BEGIN Data in this exercise
//! Laws of typing: typed parts make typed expressions, also where types stand by their numbers in the
//! table of a program (SISAL Language Reference Manual 1.2, expressions and loops).
#![tactic(auto)]

mod laws;

pub use laws::{
    a_call_is_typed, a_clause_is_typed, a_constant_is_typed, a_form_is_typed, a_function_is_typed,
    a_group_is_typed, a_let_is_typed, a_loop_around_another_is_typed, a_loop_of_turns_is_typed,
    a_loop_over_a_group_is_typed, a_loop_over_groups_is_typed, a_name_is_typed,
    a_name_of_a_type_is_resolved, a_tagcase_is_typed, a_turn_is_typed,
    a_value_of_a_clause_is_typed, a_written_type_is_denoted, an_arm_is_typed, an_if_is_typed,
    an_old_name_is_typed, definitions_are_typed, generators_are_typed, names_are_distinct,
    numbers_stand,
};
END Data in this exercise
== Task requirements ==
Retype the records above in full, with no differences.

== Answer for this exercise ==
//! Laws of typing: typed parts make typed expressions, also where types stand by their numbers in the
//! table of a program (SISAL Language Reference Manual 1.2, expressions and loops).
#![tactic(auto)]

mod laws;

pub use laws::{
    a_call_is_typed, a_clause_is_typed, a_constant_is_typed, a_form_is_typed, a_function_is_typed,
    a_group_is_typed, a_let_is_typed, a_loop_around_another_is_typed, a_loop_of_turns_is_typed,
    a_loop_over_a_group_is_typed, a_loop_over_groups_is_typed, a_name_is_typed,
    a_name_of_a_type_is_resolved, a_tagcase_is_typed, a_turn_is_typed,
    a_value_of_a_clause_is_typed, a_written_type_is_denoted, an_arm_is_typed, an_if_is_typed,
    an_old_name_is_typed, definitions_are_typed, generators_are_typed, names_are_distinct,
    numbers_stand,
};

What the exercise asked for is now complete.